In Africa, most countries invest huge amounts of money in the military though it is not productive. This makes the net effect of the Military Expenditure (milex) on economic growth in African countries remain a big issue for discussion.
The relationship between milex and economic growth in developing countries is that the milex promotes development but this only in the sense that it increases human capital. If we consider the increase of econometric sophistication and particularly in the context of economy, expenditure of the military has no value.
Military activity does not grow food, it does not produce clothing, it does not build housing and it does not keep people amused. Nor does it create the kind of machinery, equipment and facilities that can be used to produce such goods and services. Military activity may have other kinds of value, but it has no economic value because it does not directly contribute to material wellbeing.
In a context, the military will involve in a kind of economic activity, though private and illegal; that is during a war the military loot. Such activity gives them some cash and material as the result of their risky activity of killing people when they are on the front. As an illustration, the US military often invade countries that are rich in oil. This allow them to loot that oil; this is a kind of economic activity but they do it in a hidden way. Milex does not provide a stream of returns in the future, as does government expenditure in education, health and infrastructure but the military are also governed by the same government. As such, it reduces government saving and thereby reduces the resources available for government investment. This in fact retards economic growth.
This negative effect is generally so large as to completely overwhelm any positive effects. On reading the above, a question comes to mind: does high military expenditure encourage private investment, both domestic and foreign? Or retards it. Presumably, if investors perceive a strong military military as producing a stabilizing or growth enhancing influence on the economy, thus making high returns more likely, high milex will encourage investment.
Alternatively, they may view the military as a destabilizing influence and likely to engage in coups, in which case they will invest elsewhere. As a generalisation, the level of milex appears to have no significant effect on private investment in African countries because other determinants are much more important.
A second way in which military expenditure may negatively affect economic growth is via government expenditure tradeoffs. Whilst studies have often been inconclusive, it is obvious that milex has opportunities costs and may constrain more productive government expenditures.
A third way in which milex may hinder economic growth is via dept. In the 1970s and 1980s, military imports by developing countries were the equivalent of a quarter of new foreign debt incurred. Economic growth is generally accepted as making development and the opposite side of the coin, poverty reduction easier to achieve but it is clearly not sufficient condition for development.
Economic growth is a means to an end, the end being development or poverty reduction. There are two key views concerning the most effective way of reducing poverty. The current prevailing attitude is to encourage economic growth by minimising government involvement in the economy and maximising the role of the private sector. While the initial beneficiaries will be business people, benefits are expected to permeate throughout society and thus reduce absolute poverty. The opposite view, with links to the basic needs approach of the 1970s, is based on the belief that even rapid growth may make little or no difference to the lives of the poor.
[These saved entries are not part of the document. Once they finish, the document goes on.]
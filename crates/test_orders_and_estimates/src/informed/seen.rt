//! What is seen of the answers of searches.

use pf_base::PathError;
use pf_informed::directed::astar_bag::AstarSolution;
use std::alloc::Global;
use test_allocator::Refusing;

/// An allocator that may refuse.
pub(crate) type Heap<'a> = &'a Refusing<Global>;

/// A path, with its cost.
pub(crate) type Found<'a> = Result<Option<(Vec<usize, Heap<'a>>, u8)>, PathError>;

/// Paths, with their cost.
pub(crate) type Gathered<'a> = Result<Option<(Vec<Vec<usize, Heap<'a>>, Heap<'a>>, u8)>, PathError>;

/// Paths one by one, with their cost.
pub(crate) type Solved<'a> = Result<Option<(AstarSolution<usize, Heap<'a>>, u8)>, PathError>;

/// Nodes in lists.
pub(crate) type Lists<'a> = &'a [&'a [usize]];

/// A cost, how many paths there are, and whether none of them comes twice and all wanted ones come: of
/// one path, whether it is a wanted one.
pub(crate) type Seen = (u8, usize, bool);

/// What is seen of an answer.
pub(crate) type Answer = Result<Option<Seen>, PathError>;

/// Whether a path is one of the wanted ones, or none is named.
fn is_wanted(nodes: &[usize], wanted: Lists<'_>) -> bool {
    for path in wanted {
        if *path == nodes {
            return true;
        }
    }
    wanted.is_empty()
}

/// What is seen of one path. Any path is a wanted one where none is named.
pub(crate) fn of_path(found: Found<'_>, wanted: Lists<'_>) -> Answer {
    match found {
        Ok(Some((nodes, cost))) => { Ok(Some((cost, 1, is_wanted(&nodes, wanted)))) }
        Ok(None) => Ok(None),
        Err(refusal) => Err(refusal),
    }
}

/// Whether a path is one of the first paths of a list.
fn is_before(nodes: &[usize], count: usize, paths: &[Vec<usize, Heap<'_>>]) -> bool {
    for path in paths.iter().take(count) {
        if path.as_slice() == nodes {
            return true;
        }
    }
    false
}

/// Whether no path comes twice and all wanted ones come.
fn are_wanted(paths: &[Vec<usize, Heap<'_>>], wanted: Lists<'_>) -> bool {
    for (place, path) in paths.iter().enumerate() {
        if is_before(path, place, paths) {
            return false;
        }
    }
    for nodes in wanted {
        if !is_before(nodes, paths.len(), paths) {
            return false;
        }
    }
    true
}

/// What is seen of gathered paths.
pub(crate) fn of_paths(gathered: Gathered<'_>, wanted: Lists<'_>) -> Answer {
    match gathered {
        Ok(Some((paths, cost))) => { Ok(Some((cost, paths.len(), are_wanted(&paths, wanted)))) }
        Ok(None) => Ok(None),
        Err(refusal) => Err(refusal),
    }
}

/// Adds the paths that an iterator gives that is resumed after each refusal, and answers whether it
/// came to its end, for good, was refused for memory alone, and gave nothing between a refusal and
/// `resume`.
fn add_resumed<'a>(
    solution: &mut AstarSolution<usize, Heap<'a>>,
    paths: &mut Vec<Vec<usize, Heap<'a>>>,
) -> bool {
    for _ in 0..1_000u64 {
        match solution.next() {
            Some(Ok(path)) => {
                if paths.push(path).is_err() {
                    return false;
                }
            }
            Some(Err(refusal)) => {
                if refusal != PathError::OutOfMemory || solution.next().is_some() {
                    return false;
                }
                solution.resume();
            }
            None => {
                let is_over = solution.next().is_none();
                solution.resume();
                return is_over && solution.next().is_none();
            }
        }
    }
    false
}

/// Whether an iterator that is resumed after each refusal gives the wanted paths, each once.
fn gives(ample: Global, mut solution: AstarSolution<usize, Heap<'_>>, wanted: Lists<'_>) -> bool {
    let mut paths = Vec::new(ample);
    let has_ended = add_resumed(&mut solution, &mut paths);
    has_ended && paths.len() == wanted.len() && are_wanted(&paths, wanted)
}

/// What is seen of the paths that come one by one, from the iterator and from a copy of it.
pub(crate) fn of_steps(ample: Global, solved: Solved<'_>, wanted: Lists<'_>) -> Answer {
    match solved {
        Ok(Some((solution, cost))) => match solution.clone() {
            Ok(copy) => {
                let is_right = gives(ample, copy, wanted) && gives(ample, solution, wanted);
                Ok(Some((cost, wanted.len(), is_right)))
            }
            Err(_) => Err(PathError::OutOfMemory),
        },
        Ok(None) => Ok(None),
        Err(refusal) => Err(refusal),
    }
}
This approach favours the direct provision of basic goods and services to low income people. Government expenditure choices, on basic consumption goods and services or on expenditures like education with long term investment effects, are therefore crucial. Military expenditure works against both approaches to poverty reduction. As I have mentioned, it has a negative impact on economic growth via reduced savings and it leaves fewer financial resources for a government to directly meet the needs of the poor. Insofar as it hinders government from tackling poverty it may increase the potentiality for internal insecurity.
If, for instance war breaks out, the effect on countries’ economies can be huge. The war of 1980-88 is estimated to have cost Iran some 622US billion dollars and Iraq some 352 US billion dollars which were equivalent of nine and ten years worth of GDP respectively. The Sri Lanka civil war was estimated to have cost half a percentage point of economic growth per annum between 1983 and 1992 as researchers have noted.
Finally, the military uses resources, both human and physical, which would have positive social rates of return in other uses. These include skilled labor and land. As an illustration, in late 1999, for example, the South African National Defence Force controlled almost 500 000 ha of state land, or about 0.4 percent of the country’s land area.